Genetic resistance

Featured image: A monarch butterfly caterpillar eating milkweed plant. Milkweeds contain a toxin that only a few species, like monarchs, can consume safely. (Photo taken by me at Iowa State University)

When you hear the term genetic resistance, what enters your mind? Probably antibiotic resistant bacteria which are one of the biggest emerging concerns for health professionals. Or you probably heard about insect pests gaining resistance to insecticides. But what does it actually mean? And is resistance responsible for the natural evolution of some species?

When we say an organism is resistant to a substance, we means it is less susceptible to the substance. An organism becomes resistant due to changes in its DNA (which leads to changes in proteins, enzymes and other cell structures made from the DNA template), hence the term genetic resistance.

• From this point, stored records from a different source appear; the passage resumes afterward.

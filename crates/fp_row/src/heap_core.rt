//! Cores on the heap.

ghost use Rattle.std.specs.Prelude.{◌≡◌, IfOk};
ghost use Rattle.fp_row.specs.proof_only.Serving.{AreAll};

use crate::serving::Steps;
use fp_entry::Entry;
use fp_q773::Tid;
use fp_service::Core;
use std::alloc::{AllocError, Global};
use std::marker::Model;

/// A core in a place of its own on the heap, so that its owner is small and cheap to move. Contracts see the core.
#[derive(Debug, Drop)]
pub(crate) struct HeapCore {
    place: Box<Core>,
}

impl Model for HeapCore {
    ghost use Rattle.fp_service.specs.declared.dialogue.Core.{Core};

    ghost Value = { Core };

    ghost view = { λ core. core.place.value };
}

impl HeapCore {
    /// A copy of this core.
    pub(crate) fn copy_of(alloc: Global, core: &Core) -> Result<HeapCore, AllocError>
        ensures { IfOk result (λ copy. copy ≡ core.now) }
    {
        match Box::new(alloc, *core) {
            Ok(place) => Ok(HeapCore { place }),
            Err(_) => Err(AllocError),
        }
    }

    /// The core.
    pub(crate) fn as_core(&self) -> &Core
        ensures { result.now ≡ self.now }
    {
        &self.place
    }

    /// Serves entries of the core's dialogue until it is over, as [`Steps::of`] does. `Err`: memory
    /// ran out.
    pub(crate) fn serve_all(
        &mut self,
        alloc: Global,
        entries: &[Entry],
        local: u32,
        peer: &Tid,
    ) -> Result<Steps, AllocError>
        ensures { IfOk result (λ steps. AreAll local peer.now self.old entries.now steps self.new) }
    {
        Steps::of(alloc, &mut self.place, entries, local, peer)
    }

    /// The core itself. Takes no memory.
    pub(crate) fn into_core(self) -> Core
        ensures { result ≡ self }
    {
        Box::into_inner(self.place)
    }
}
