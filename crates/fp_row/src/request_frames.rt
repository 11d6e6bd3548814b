//! The frames of a turn's requests.

ghost use Rattle.std.specs.Prelude.{◌≡◌, ◌∷◌, ◌++◌, [], IsOk, IsTrue, IfErr, IfOk, ◌↔◌, OnOk, OnErr, length};

use crate::RequestFrame;
use std::alloc::{AllocError, Global};
use std::marker::Model;
use std::{mem, slice};

/// Frames of requests, in order. A single frame, as most turns request it, is held without a `Vec`. Contracts see the
/// list of their octets.
#[derive(Debug, Drop)]
pub struct RequestFrames {
    list: FrameList,
    alloc: Global,
}

/// A list of frames in its shortest form.
#[derive(Debug, Drop)]
enum FrameList {
    /// No frame.
    None,
    /// One frame, without a `Vec`.
    One(RequestFrame),
    /// Two frames or more, in order.
    Many(Vec<RequestFrame>),
}

impl Model for RequestFrames {
    ghost use Rattle.std.specs.Prelude.{ℕ, List};
    ghost use Rattle.fp_row.specs.proof_only.FrameList.{IsShortest, frames_at};

    ghost Value = { List (List ℕ) };

    ghost view = { λ own. frames_at own.list };

    ghost invariant = { λ own. IsShortest own.list };
}

impl RequestFrames {
    /// The room of a new `Vec`, in frames. It begins with two.
    const FIRST_ROOM: usize = 4;

    /// No frame. Takes no memory.
    pub(crate) fn new(alloc: Global) -> RequestFrames
        ensures { result ≡ [] }
    {
        RequestFrames {
            list: FrameList::None,
            alloc,
        }
    }

    /// Puts a frame after the others. If memory runs out, the list is unchanged.
    pub(crate) fn push(&mut self, frame: RequestFrame) -> Result<(), AllocError>
        ensures ok { OnOk result (self.new ≡ self.old ++ frame ∷ []) }
        ensures err { OnErr result (self.new ≡ self.old) }
    {
        match mem::replace(&mut self.list, FrameList::None) {
            FrameList::None => {
                self.list = FrameList::One(frame);
                Ok(())
            }
            FrameList::One(first) => {
                let Ok(mut frames) = Vec::with_capacity(self.alloc, Self::FIRST_ROOM) else {
                    self.list = FrameList::One(first);
                    return Err(AllocError);
                };
                frames.push_reserved(first);
                frames.push_reserved(frame);
                self.list = FrameList::Many(frames);
                Ok(())
            }
            FrameList::Many(mut frames) => {
                let pushed = frames.push(frame);
                self.list = FrameList::Many(frames);
                pushed?;
                Ok(())
            }
        }
    }

    /// The number of frames.
    pub fn len(&self) -> usize
        ensures { result ≡ length self.now }
    {
        self.as_slice().len()
    }

    /// Whether there is no frame.
    pub fn is_empty(&self) -> bool
        ensures { IsTrue result ↔ (self.now ≡ []) }
    {
        self.as_slice().is_empty()
    }

    /// The frames.
    pub fn as_slice(&self) -> &[RequestFrame]
        ensures { result.now ≡ self.now }
    {
        match &self.list {
            FrameList::None => &[],
            FrameList::One(frame) => slice::from_ref(frame),
            FrameList::Many(frames) => frames.as_slice(),
        }
    }

    /// The only frame. If there are none or several, `Err` has their list. Takes no memory.
    pub fn into_only(self) -> Result<RequestFrame, Vec<RequestFrame>>
        ensures ok { IfOk result (λ frame. self ≡ frame ∷ []) }
        ensures err { IfErr result (λ frames. frames.items ≡ self) }
        ensures only { IsOk result ↔ (length self ≡ 1) }
    {
        match self.list {
            FrameList::None => Err(Vec::new(self.alloc)),
            FrameList::One(frame) => Ok(frame),
            FrameList::Many(frames) => Err(frames),
        }
    }
}
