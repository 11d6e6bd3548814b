//! Turns that were served.

ghost use Rattle.std.specs.Prelude.{◌≡◌, length};
ghost use Rattle.std.specs.Coded.{Coded-set};
ghost use Rattle.std.proofs.Props.{props};
ghost use Rattle.fp_row.specs.Turn.{core_then, frames_for, served_in};

use crate::heap_core::HeapCore;
use crate::{RequestFrames, Turn};

/// A turn that was served: how many of its entries were served, the core after them, and the frames of their requests.
/// Its type guarantees that the service step gives exactly these for the turn: along its entries up to the first after
/// which the dialogue is over, with frames under the turn's own identifiers, whichever thread served it. You must give
/// it back or abandon it.
#[must_use]
#[derive(Debug)]
pub struct Done {
    pub(crate) turn: Turn,
    pub(crate) served: usize,
    pub(crate) after: HeapCore,
    pub(crate) frames: RequestFrames,

    // The entries up to the one that ends the dialogue were served, or all.
    pub ghost served_is: { served ≡ length (served_in turn) },

    // The core after those entries.
    pub ghost after_is: { after ≡ core_then turn } by { Coded-set after-code _ _ },

    // The frames of their requests.
    pub ghost frames_are: { frames ≡ frames_for turn } by { Prim.hlevel props },
}

impl Done {
    /// The turn that was served.
    pub fn turn(&self) -> &Turn
        ensures { result.now ≡ self.now.turn }
    {
        &self.turn
    }

    /// How many entries of the turn were served: those up to the first after which the dialogue is over, or all.
    pub fn served(&self) -> usize
        ensures { result ≡ self.now.served }
    {
        self.served
    }

    /// Gives up a turn that was served. Its dialogue stays held forever. Takes no memory.
    pub fn abandon(self) {
        let Done {
            turn,
            served: _,
            after: _,
            frames: _,
        } = self;
        turn.abandon();
    }
}
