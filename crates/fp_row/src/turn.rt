//! Turns.

ghost use Rattle.std.specs.Prelude.{◌≡◌, [], IfOk, IfErr, IsOk, length};
ghost use Rattle.fp_tids.specs.Identifiers.{link_of};
ghost use Rattle.fp_row.specs.Turn.{birth_of};

use crate::Done;
use crate::heap_core::HeapCore;
use crate::serving::Steps;
use fp_entry::Entries;
use fp_q773::Tid;
use fp_tids::link_of;
use std::alloc::Global;

/// The next entries of a dialogue, at most [`Turn::MOST_ENTRIES`], with the core before them. A row hands out one turn
/// at a time. You must serve it, put it back or abandon it.
#[must_use]
#[derive(Debug)]
pub struct Turn {
    pub(crate) local: u32,
    pub(crate) peer: Tid,
    pub(crate) position: usize,
    pub(crate) before: HeapCore,
    pub(crate) entries: Entries,
}

impl Turn {
    /// The most entries of a turn.
    pub const MOST_ENTRIES: usize = 16;

    /// The link of the dialogue, 0 to 7.
    pub fn link(&self) -> u8
        ensures { result ≡ link_of self.now.local }
    {
        link_of(self.local)
    }

    /// The local transaction identifier of the dialogue.
    pub fn local(&self) -> u32
        ensures { result ≡ self.now.local }
    {
        self.local
    }

    /// The transaction identifier of the peer.
    pub fn peer(&self) -> Tid
        ensures { result ≡ self.now.peer }
    {
        self.peer
    }

    /// The birth of the dialogue: its number among those that its link accepted, from 1.
    pub fn birth(&self) -> u64
        ensures { result ≡ birth_of self.now }
    {
        self.before.as_core().birth()
    }

    /// The place of the first entry among those that the dialogue accepted, from 0.
    pub fn position(&self) -> u64
        ensures { result ≡ self.now.position }
    {
        self.position as u64
    }

    /// The number of entries.
    pub fn count(&self) -> usize
        ensures { result ≡ length self.now.entries }
    {
        self.entries.len()
    }

    /// Serves the entries: makes the step of the service logic for one after the other, until the dialogue is over, and
    /// the frames of their requests. If memory runs out, the turn is returned unchanged.
    pub fn serve(self, alloc: Global) -> Result<Done, Turn>
        ensures turn { IfOk result (λ done. done.turn ≡ self) }
        ensures same { IfErr result (λ turn. turn ≡ self) }
    {
        let Ok(mut after) = HeapCore::copy_of(alloc, self.before.as_core()) else {
            return Err(self);
        };
        let entries = self.entries.as_slice();
        let Ok(steps) = after.serve_all(alloc, entries, self.local, &self.peer) else {
            return Err(self);
        };
        let Steps { served, frames } = steps;
        Ok(Done {
            turn: self,
            served,
            after,
            frames,
        })
    }

    /// Gives up a turn without serving it. Its dialogue stays held forever. Takes no memory.
    pub fn abandon(self) {
        self.spend();
    }

    /// Spends a turn that is back in its dialogue. Takes no memory.
    pub(crate) fn spend(self) {
        let Turn {
            local: _,
            peer: _,
            position: _,
            before: _,
            entries: _,
        } = self;
    }
}
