//! Lists of entries of a dialogue.

ghost use Rattle.std.specs.Prelude.{◌≡◌, [], ◌++◌, IfOk, IsOk, OnErr, OnOk};

use fp_entry::{Entries, Entry};
use std::alloc::{AllocError, Global};

/// A copy of these entries. Out of memory is the only error.
pub(crate) fn copies(alloc: Global, entries: &[Entry]) -> Result<Entries, AllocError>
    ensures { IfOk result (λ copy. copy ≡ entries.now) }
{
    let mut copy = Entries::new(alloc);
    'entries: for entry in entries {
        copy.push(entry.try_clone()?)?;
    }
    Ok(copy)
}

/// Puts entries after those that a dialogue accepted. The first entries keep the list that they were handed in with,
/// which takes no memory. If memory runs out, nothing changes.
#[inline(always)]
pub(crate) fn append(accepted: &mut Entries, entries: Entries) -> Result<(), AllocError>
    ensures ok { OnOk result (accepted.new ≡ accepted.old ++ entries) }
    ensures first { accepted.old ≡ [] → IsOk result }
    ensures err { OnErr result (accepted.new ≡ accepted.old) }
{
    if accepted.is_empty() {
        *accepted = entries;
        return Ok(());
    }
    accepted.append(entries)
}
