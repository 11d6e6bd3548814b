//! Turns that were served in their place.

use crate::Requested;

/// The result of serving the next entries of a dialogue in its row. No turn of them is out.
#[derive(Debug, Drop)]
pub struct ServedTurn {
    /// The place of the first of the entries among those that the dialogue accepted, from 0.
    pub position: usize,
    /// How many entries there were: as many as their turn would have had.
    pub count: usize,
    /// How many of the entries were served: those up to the first after which the dialogue is over, or all.
    pub served: usize,
    /// The outcome of their requests.
    pub requested: Requested,
}
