//! The guarantees of the layer's types.

ghost use Rattle.fp_row.specs.Laws.{RowsKeepTheirOrder, TurnsAreServedByTheStep};
ghost use Rattle.fp_row.specs.Rows.{AfterIsOne, PuttingBackChangesNothing};

use fp_service::{births_stay, cut_is_a_front, entries_ask_once_at_most, folds_along_a_grown_list};

/// Each row has served the first of those accepted entries that its service logic serves, and its core is the core
/// after them. Next are the entries of the turn that is out, then the entries that wait: together all accepted entries,
/// or a prefix of them if the dialogue was closed or its core is over. Frames sent ≤ kept ≤ accepted for sending ≤
/// requested by the entries served; all of the accepted ones are kept unless the dialogue was ended from outside. The
/// counts are of the requests of the entries served.
pub fn rows_keep_their_order()
    ensures { RowsKeepTheirOrder }
{
    folds_along_a_grown_list();
    entries_ask_once_at_most();
    births_stay();
}

/// Each served turn has served its entries up to the first after which the dialogue is over, or all. Its core is the
/// service step's after them. Its frames are the frames of their requests, under the turn's own identifiers, at most
/// one for each entry.
pub fn turns_are_served_by_the_step()
    ensures { TurnsAreServedByTheStep }
{
    cut_is_a_front();
    entries_ask_once_at_most();
}

/// The contract of [`Rows::after`](crate::Rows::after) allows exactly one answer.
#[tactic(auto, using(crate::proofs::After::after_is_one))]
pub fn after_is_one()
    ensures { AfterIsOne }
{}

/// Putting a row back under its own identifier changes nothing.
#[tactic(auto, using(crate::proofs::PuttingBack::putting_back_changes_nothing))]
pub fn putting_back_changes_nothing()
    ensures { PuttingBackChangesNothing }
{}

Natural genetic resistance occurs through evolution (and vice versa)

A theory called the Red Queen Hypothesis, explains how this can occur. Fun fact: this theory got its name from Lewis Carroll’s book, Through the Looking-Glass. The Red Queen tells Alice that she needs to run all she can to keep in the same place. To understand this, consider a kind of plant-insect interaction. Plants produce toxins to deter insects from feeding on them and, in turn, insects develop mechanisms to break down the plant toxin, i.e., they evolve resistance to the plant toxin. This is called co-evolution, meaning that two closely associated species influenced the evolution of each other. Milkweed plants and monarch butterflies have co-evolved in this way.

Humans can also influence evolution of resistance

For example, we apply a pesticide on a crop field to kill a bothersome insect pest. This pesticide kills a large percentage of the pest, but a few survive because of superior genes. These resistant pests can multiply and take over the population.

If the pesticide degrades (i.e., breaks down into harmless compounds) soon, the pressure to maintain the superior genes vanish. And the insect pest population could lose these genes, i.e., lose the resistance. This happens because it takes the pests more energy to maintain the superior genes. In the absence of the pesticide, the energy would be spent elsewhere, for example in producing more offspring. However, if the pesticide is present in the environment for a long time, the pests are pressured to maintain the superior genes as the loss of the genes could mean death. Such pressure from such external agents (natural or human agents) is called selection pressure.

(BTW, humans don’t just influence the evolution of small species. Recently, many elephants were born without tusks because extensive poaching killed tusked elephants.)

Here are some ways organisms develop resistance to pollutants (or any other compounds):

  1. The organism changes the structure of its cell receptors (molecules that are usually on the surface of the cell). The pollutant can no longer bind to the receptors and alter the functioning of the cell.
  2. The organism produces more of the detoxifying (degrading) enzymes that are responsible for excreting pollutants out of the body. The pollutants would be excreted at a faster rate, prior to causing significant damage.
  3. The organism produces thicker membranes, for example thicker skin. The pollutant would be unable to penetrate the thick skin and enter the organism.
  4. The organism evolves to avoid the chemical, thus escaping exposure to it.

Major take-away

Natural co-evolution of resistance between dependent species has been occurring for millennia. However, in the last few centuries, species have also been evolving resistance due to human activities. Resistance develops due to changes in DNA from selection pressure.